Overall, this focus on tensor core performance underscores NVIDIA’s commitment to deep learning and AI performance, as the company sees deep learning as not just a driver of their datacenter business, but their gaming business as well. We only have to go as far as NVIDIA’s Deep Learning Super Sampling (DLSS) tech to see why; DLSS relies in part on the tensor cores to deliver as much performance as possible, and NVIDIA is still looking at more ways to put their tensor cores to good use.

The ray tracing (RT) cores have also been beefed up, though to what degree we’re not certain. Besides having more of them overall by virtue of GA102 having a larger number of SMs, the individual RT cores are said to be up to 2x faster, with NVIDIA presumably specifically quoting ray/triangle intersection performance. There are also some brief notes about RT core concurrency in NVIDIA's presentation slides, but the company didn't go into any real detail on the subject in the brief presentation, so we're waiting on technical briefings for more details.

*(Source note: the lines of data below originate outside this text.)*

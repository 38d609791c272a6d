//! Where the bodies of samples come from: they are most of a recording, and need not be in memory all at once.
ghost use Rattle.std.specs.Prelude.{◌≡◌, ℕ, List, IfOk};
ghost use Rattle.framehop_recording.specs.Records.{RecordView, record_view};

use framehop_recording::records::Record;
use std::alloc::AllocError;

/// What gives the bodies of samples, as a recording in memory does, or its file.
pub trait SampleSource {
    // the bodies that it can give for a record
    ghost gives: { Self → RecordView → List ℕ → Type 0 };

    /// Returns the body of a sample, what is after its header of eight bytes, by the sample's place. The body may be in the
    /// buffer, whatever was in that before.
    ///
    /// # Errors
    ///
    /// An allocation failed.
    fn body<'a>(&self, sample: Record<'a>, buffer: &'a mut Vec<u8>) -> Result<&'a [u8], AllocError>
        ensures { IfOk result (λ body. gives self.now (record_view «sample».entry) body.now) };
}

/// The records themselves, where a recording is in memory whole.
#[derive(Clone, Copy, Drop)]
pub struct InMemory;

impl SampleSource for InMemory {
    ghost use Rattle.framehop_perf_stacks.specs.Bodies.{own_body};

    ghost gives = { λ source r body. own_body r body };

    fn body<'a>(
        &self,
        sample: Record<'a>,
        _buffer: &'a mut Vec<u8>,
    ) -> Result<&'a [u8], AllocError> {
        Ok(sample.body)
    }
}
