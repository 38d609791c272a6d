//! The names of threads at a time.
ghost use Rattle.std.specs.Prelude.{◌≡◌, ℕ, codes, OnOk, IfErr, false, None, Some};
ghost use Rattle.framehop_recording.specs.Records.{record_view};
ghost use Rattle.framehop_perf_stacks.specs.Ended.{naming_refusal, MayEnd};
ghost use Rattle.framehop_perf_stacks.specs.Names.{named_in, with_name, named_after};
ghost use Rattle.framehop_recording.specs.declared.error.RecordingError.{RecordingError};
ghost use Rattle.framehop_perf_stacks.specs.declared.error.StacksError.TheVariants.{OutOfMemory};

use crate::error::StacksError;
use framehop_recording::kind::{COMM, FORK};
use framehop_recording::records::Record;
use framehop_recording::tasks::{read_command, read_task};
use std::alloc::Global;
use std::collections::BTreeMap;
use std::rc::Rc;

/// The names of threads at a time.
#[derive(Drop)]
pub struct Names {
    // a thread shares its name with those that it begins
    by_tid: BTreeMap<u32, Rc<Vec<u8>>>,
}

impl Names {
    /// Returns no names.
    pub fn new(alloc: Global) -> Self
        ensures { (tid : ℕ) → named_in result tid ≡ codes "[unknown]" }
    {
        Names {
            by_tid: BTreeMap::new(alloc),
        }
    }

    /// Returns the name of a thread: `[unknown]` where it is not known.
    pub fn get(&self, tid: u32) -> &[u8]
        ensures { result.now ≡ named_in self.now tid }
    {
        match self.by_tid.get(&tid) {
            Some(name) => name.as_slice(),
            None => b"[unknown]",
        }
    }

    /// Gives a thread a name.
    fn put(&mut self, alloc: Global, tid: u32, name: &[u8]) -> Result<(), StacksError>
        ensures named { OnOk result ((thread : ℕ) → named_in self.new thread ≡ with_name tid name.now (named_in self.old) thread) }
        ensures refused { IfErr result (λ error. error ≡ OutOfMemory) }
    {
        let name = Rc::new(alloc, Vec::from_slice(alloc, name)?)?;
        self.by_tid.insert(tid, name)?;
        Ok(())
    }

    /// Gives a thread the name of another.
    fn copy(&mut self, tid: u32, parent: u32) -> Result<(), StacksError>
        ensures named { OnOk result ((thread : ℕ) → named_in self.new thread
            ≡ with_name tid (named_in self.old parent) (named_in self.old) thread) }
        ensures refused { IfErr result (λ error. error ≡ OutOfMemory) }
    {
        match self.by_tid.get(&parent) {
            Some(name) => {
                let name = name.clone()?;
                self.by_tid.insert(tid, name)?;
            }
            None => {
                self.by_tid.remove(&tid);
            }
        }
        Ok(())
    }

    /// Takes note of what a record says of names.
    ///
    /// # Errors
    ///
    /// `Recording` where a PERF_RECORD_COMM or PERF_RECORD_FORK is too short, and `OutOfMemory`.
    pub fn note(&mut self, alloc: Global, record: Record<'_>) -> Result<(), StacksError>
        ensures named { OnOk result ((thread : ℕ) → named_in self.new thread
            ≡ named_after (record_view «record».entry) (named_in self.old) thread) }
        ensures read { OnOk result (naming_refusal (record_view «record».entry) ≡ None) }
        ensures kept { (refusal : RecordingError) → naming_refusal (record_view «record».entry) ≡ Some refusal → self.new ≡ self.old }
        ensures refused { IfErr result (MayEnd false (naming_refusal (record_view «record».entry)) 0 0) }
    {
        match record.kind {
            COMM => {
                let command = read_command(record)?;
                self.put(alloc, command.tid, command.name)?;
            }
            FORK => {
                let task = read_task(record)?;
                self.copy(task.tid, task.parent_tid)?;
            }
            _ => {}
        }
        Ok(())
    }
}
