/// Returns the frames of the call chain of a sample whose event has no copies of stacks, or none.
fn frames_of_chain(
    alloc: Global,
    refusal: RecordingError,
    chain: Result<CallChain<'_>, RecordingError>,
) -> Result<Vec<StackFrame<()>>, AllocError>
    ensures { IfOk result (λ frames. map shown_frame frames.items ≡ frames_of_chain refusal (read_chain_view chain.entry)) }
{
    match (refusal, chain) {
        (RecordingError::NoUserStack { .. }, Ok(chain)) => {
            let part = user_part(alloc, chain)?;
            chain_frames(alloc, part.as_slice())
        }
        _ => Ok(Vec::new(alloc)),
    }
}

/// Returns where the copy of a stack begins (AVMA), by the registers with which a walk begins.
fn base_of<R: Copy>(start: Option<Start<R>>) -> u64
    ensures { result ≡ base_of start }
{
    match start {
        Some(start) => start.sp,
        None => 0,
    }
}

/// Returns a note for each line of the block of a sample, where it is to be explained, and else none.
fn notes_of<U: Sampled>(
    alloc: Global,
    unwinder: &U,
    start: Option<Start<U::UnwindRegs>>,
    copied: &[u8],
    walked: &Option<Stack<U::UnwindRegs>>,
    options: Options<'_>,
) -> Result<Vec<Note>, AllocError>
    ensures { IfOk result (λ notes. NotedIf (options.entry.frames && options.entry.explain)
        (AreStackNotes (U.is_note (U.unwinder_view unwinder.now).modules (copied_memory copied.now start)) (option_noted walked.now)) notes.items) }
{
    if options.frames && options.explain {
        return sample_notes(alloc, unwinder, start, copied, walked);
    }
    Ok(Vec::new(alloc))
}

/// Returns what is said of a sample that can't be unwound.
fn refusal_name(error: RecordingError) -> &'static str
    ensures { result.now ≡ sample_refusal error }
{
    match error {
        RecordingError::NoThread { .. } => "no-thread",
        RecordingError::NoUserStack { .. } => "no-user-stack",
        RecordingError::NoUserRegisters { .. } => "no-user-registers",
        RecordingError::Process32Bit { .. } => "32-bit-process",
        RecordingError::UnknownAbi { .. } => "unknown-abi",
        RecordingError::UnsupportedField { .. } => "unsupported-field",
        RecordingError::ShortRecord { .. } => "short-record",
        _ => "unreadable",
    }
}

Overall, faster RT cores is very good news for the gaming industry’s ray tracing ambitions, as ray tracing had a heavy performance cost on RTX 20 series cards. Now with that said, nothing NVIDIA does is going to completely eliminate that penalty – ray tracing is a lot of work, period – but more and rebalanced hardware can help bring that cost down.

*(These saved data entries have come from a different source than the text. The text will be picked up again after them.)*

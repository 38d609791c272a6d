//! From the bytes of a recording to folded stacks or blocks.
ghost use Rattle.std.specs.Prelude.{ℕ, ◌≡◌, ◌⊎◌, ◌||◌, Err, IfOk, IfErr, OnOk, OnErr, MatchResult, Option, List, map, true};
ghost use Rattle.std.specs.Io.KnownBytes.{Appends};
ghost use Rattle.std.specs.Result.{result_err};
ghost use Rattle.framehop_recording.specs.Attributes.{attribute_view};
ghost use Rattle.framehop_recording.specs.BuildIds.{file_build_id_view};
ghost use Rattle.framehop_recording.specs.Records.{RecordView};
ghost use Rattle.framehop_recording.specs.declared.error.RecordingError.{RecordingError};
ghost use Rattle.framehop_perf_stacks.specs.Bodies.{IsCompleted};
ghost use Rattle.framehop_perf_stacks.specs.Choice.{IsChosenOf};
ghost use Rattle.framehop_perf_stacks.specs.Counts.{advice_text, counted_text, counts_text, cut_text, vdso_text, guess_text, samples_line, samples_text, summary_text, unsure_line};
ghost use Rattle.framehop_folded.specs.Folded.{IsInOrderOfBytes};
ghost use Rattle.framehop_perf_stacks.specs.Ended.{before_refusal, is_unwritten, MayEnd};
ghost use Rattle.framehop_perf_stacks.specs.Files.{AreFilesOf};
ghost use Rattle.framehop_perf_stacks.specs.Printed.{AreTold, IsMadeOf, IsMadeWith, IsSaid, IsWhole, IsMadeUntil, IsMadeUntilWith, MayEndAt};
ghost use Rattle.framehop_perf_stacks.specs.Written.{ends_unwritten, has_one_failed, AreNoted};
ghost use Rattle.framehop_perf_stacks.specs.Recording.{records_in, events_in, IsReadOf};
ghost use Rattle.framehop_perf_stacks.specs.Samples.{beginning, samples_from, Each, IsToldOf, Told, IsMade};
ghost use Rattle.framehop_processes.specs.declared.files.Files.{Files};
ghost use Rattle.framehop_perf_stacks.specs.declared.error.StacksError.TheVariants.{OutOfMemory, CannotWrite, Recording as Refused};
ghost use Rattle.framehop_perf_stacks.specs.declared.recording.Recording.{Recording};
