//! Which events of a recording are asked for by a name or a number.
ghost use Rattle.std.specs.Prelude.{◌≡◌, IfOk, map, length};
ghost use Rattle.framehop_perf_stacks.specs.EventChoice.{numbers_from, or_number, asked_among};

use std::alloc::{AllocError, Global};

/// Returns the numbers of the events that are asked for, of events with these names: all that have a name or, where none
/// has it, the event of a number. None where there is neither.
pub fn events_asked(
    alloc: Global,
    names: &[&[u8]],
    wanted: &[u8],
    number: Option<usize>,
) -> Result<Vec<usize>, AllocError>
    ensures { IfOk result (λ numbers. numbers.items ≡ asked_among (map (λ name. name.now) names.now) wanted.now number) }
{
    let mut numbers = events_named(alloc, names, wanted)?;
    if numbers.is_empty() {
        if let Some(number) = number
            && number < names.len()
        {
            numbers.push(number)?;
        }
    }
    Ok(numbers)
}

/// Returns the numbers of the events that have a name.
fn events_named(alloc: Global, names: &[&[u8]], wanted: &[u8]) -> Result<Vec<usize>, AllocError>
    ensures { IfOk result (λ numbers. numbers.items ≡ numbers_from 0 wanted.now (map (λ name. name.now) names.now)) }
{
    let mut numbers = Vec::new(alloc);
    let mut number = 0;
    for name in names {
        if *name == wanted {
            numbers.push(number)?;
        }
        number += 1;
    }
    Ok(numbers)
}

Last but certainly not least, we have the matter of the shader cores. This is the area that's the most immediately important to gaming performance, and also the area where NVIDIA has said the least today. We know that the new RTX 30 series cards pack an incredible number of FP32 CUDA cores, and that it comes thanks to what NVIDIA is labeling as "2x FP32" in their SM configuration. As a result, even the second-tier RTX 3080 offers 29.8 TFLOPs of FP32 shader performance, more than double the last-gen RTX 2080 Ti. To put it succinctly, there is an incredible number of ALUs within these GPUs, and frankly a lot more than I would have expected given the transistor count.

Shading performance is not everything, of course, which is why NVIDIA's own performance claims for these cards isn't nearly as high as the gains in shading performance alone. But certainly shaders are a bottleneck much of the time, given the embarrassingly parallel nature of computer graphics. Which is why throwing more hardware (in this case, more CUDA cores) at the problem is such an effective strategy.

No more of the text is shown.